Stefano De Sabbata, Andrea Ballatore, Pengyuan Liu and Nicholas J. Tate
Graph theory has long provided the basis for the computational modelling of urban flows and networks and, thus, for the study of urban form. The development of graph-convolutional neural networks offers the opportunity to explore new applications of deep learning approaches in urban studies. In this project, we explore the use of an unsupervised graph representation learning framework for analysing urban street networks (see methods and code below).
Our preliminary results (see results and supplementary materials below) illustrate how a model trained on a 1% random sample of street junctions in the UK can be used to explore the urban form of the city of Leicester, generating embeddings which are similar but distinct from classic metrics and able to capture key aspects such as the shift from urban to suburban structures.
We used the Global Urban Street Networks data made available by Geoff Boeing, which include simplified street networks of 138 cities in the UK derived from OpenStreetMap.
Create storage as a subfolder of the main directory, which will be used to store large data files
not to be syncronised with the GitHub repo. Download the
Global Urban Street Networks GraphML
files of interest into the storage and unzip them.
mkdir storage
mkdir storage/osmnx
mkdir storage/osmnx/zip
mkdir storage/osmnx/graphml
wget -O storage/osmnx/zip/united_kingdom-GBR_graphml.zip https://dataverse.harvard.edu/api/access/datafile/4287573
unzip storage/osmnx/zip/united_kingdom-GBR_graphml.zip -d storage/osmnx/graphmlThe conda environment used for the project is described in this yml file (please see this README file as well).
We developed a graph autoencoder model using PyTorch Geometric. The encoder (see gnnuf_models_pl.py) is composed of five steps: one MLP projects the input node attributes into a large 256-dimensional space, three steps using modified graph isomorphism operators designed to incorporate the edge attributes in the aggregation step of the convolution, using 256 hidden features; and a final MLP layer, which reduces the 256 hidden features to 2 embeddings. The decoder is a standard inner product operator.
To train our model (see gnnuf_train_model_v0-12.py), we randomly sampled 1% of the nodes from 139 cities in the UK.
To evaluate the model, we used it to generate embeddings for all street junctions in Leicester -- see gnnuf_embedding_model_v0-12_Leicester.py for node embeddings and gnnuf_embedding_model_v0-12_Leicester_pool.py for embeddings pooled at node ego-graph level -- and Glasgow -- see gnnuf_embedding_model_v0-12_Glasgow.py for node embeddings and gnnuf_embedding_model_v0-12_Glasgow_pool.py for embeddings pooled at node ego-graph level,
In our preliminary analysis (see results and supplementary materials below), we qualitatively explore the expressiveness of the model through a series of plots and maps, and we quantitatively compare the embeddings with closeness and betweenness centrality, both based on the whole city graph and based on the node's ego-graph (see osmnx_stats_node_centrality_with_egograph_Leicester.py), as well as basic statistics (as provided by OSMnx) for each node's ego-graph (see osmnx_stats_egograph_basic_Leicester.py).

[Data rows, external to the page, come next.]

// How a table lies in words: the one place that finds a cell or a row.
ghost use Rattle.std.specs.Prelude.{◌≡◌, ℕ, Bool, ◌<◌, ◌≤◌, length};
ghost use Rattle.theory.specs.Limits.{fields_most, readings_most};
ghost use Rattle.table.specs.Layout.{Sized, row, table_length, table_rows, size_of, some_first_row};
ghost use Rattle.table.specs.Post.{Placed, CellWords, RowAt, FindsIn};

// A table has 1 to this many fields.
pub const FIELDS_MOST: usize = 16;

// A field has 1 to this many readings; a cell has as many rows.
pub const READINGS_MOST: usize = 32;

// Row a of cell (i, j).
#[derive(Clone, Copy)]
pub struct Row {
    pub i: usize,
    pub j: usize,
    pub a: usize,
}

// The words of a table of n fields.
pub fn table_length(n: usize) -> usize
    requires { n ≤ fields_most }
    ensures { result ≡ table_length n }
{
    n * n * READINGS_MOST
}

// The word at which cell (i, j) of a table of n fields starts.
pub fn cell_start(n: usize, i: usize, j: usize) -> usize
    requires { (n ≤ fields_most) × (i < n) × (j < n) }
    ensures { Placed n i j result }
{
    (i * n + j) * READINGS_MOST
}

// Row a of cell (i, j). Here and below a table is two parameters, its words and its number of fields: docs/PROMISES.md names these functions.
pub fn row_word(table: &[u32], n: usize, i: usize, j: usize, a: usize) -> u32
    requires { Sized n table.now × (i < n) × (j < n) × (a < readings_most) }
    ensures { result ≡ row n table.now i j a }
{
    table[cell_start(n, i, j) + a]
}

// The words of cell (i, j).
pub fn cell(table: &[u32], n: usize, i: usize, j: usize) -> &[u32]
    requires { Sized n table.now × (i < n) × (j < n) }
    ensures { CellWords n table.now i j result.now }
{
    let at = cell_start(n, i, j);
    let end = at + READINGS_MOST;
    &table[at..end]
}

// The row at number p in table order.
pub fn row_at(n: usize, p: usize) -> Row
    requires { p < table_rows n }
    ensures { RowAt n p result }
{
    let c = p / READINGS_MOST;
    Row {
        i: c / n,
        j: c % n,
        a: p % READINGS_MOST,
    }
}

// The first row, in table order, that fails a test: the closure finds the first that fails in one cell, if there is one. A row of a
// table is the one at its number; any other, of more fields than a table has, say, may have no number of 64 bits.
pub fn first_row<F: Fn(usize, usize) -> Option<usize>>(n: usize, in_cell: F) -> Option<Row>
    requires { (i j : ℕ) → i < n → j < n → F.pre in_cell i j }
    ensures { (test : ℕ → ℕ → ℕ → Bool) → FindsIn n test (F.post in_cell) → result ≡ some_first_row n test }
{
    for i in 0..n {
        for j in 0..n {
            if let Some(a) = in_cell(i, j) {
                return Some(found_row(n, i, j, a));
            }
        }
    }
    None
}

// Row a of cell (i, j), by its number where it is one of a table's.
fn found_row(n: usize, i: usize, j: usize, a: usize) -> Row
    requires { (i < n) × (j < n) }
    ensures { result ≡ record { i = i; j = j; a = a } }
{
    if n <= FIELDS_MOST && a < READINGS_MOST {
        row_at(n, cell_start(n, i, j) + a)
    } else {
        Row { i, j, a }
    }
}

// The size of field i.
#[tactic(auto, unfolding(crate::specs::Layout::size_of))]
pub fn field_size(sizes: &[u8], i: usize) -> u32
    requires { i < length sizes.now }
    ensures { result ≡ size_of sizes.now i }
{
    u32::from(sizes[i])
}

The pages below present the main results obtained from our analysis as a jupyter notebook compiled to html, alongside an additional quarto document.
- Exploratory analyses of the results obtained for Leicester
- Exploratory analyses of the results obtained for Glasgow
Our preliminary results illustrate the potential of GNNs to develop an unsupervised framework to capture and explore urban form, but a more thorough exploration of the design space is necessary.
In our future work, we aim to expand the use of our framework in three aspects. First, we aim to explore the adaptability and usefulness of our approach through space, time and scale, testing how models behave when using a continental or global dataset for training, including past street networks or limiting the training to cities of the same scale as the target one(s). Second, we will explore how to encode places beyond junctions, including buildings or points of interest. Third, we will explore how to encode flows beyond networks, including commuting or communications.
The authors acknowledge the work of OpenStreetMap contributors and Geoff Boeing in creating the data that made this work possible. This research used the ALICE High Performance Computing Facility at the University of Leicester.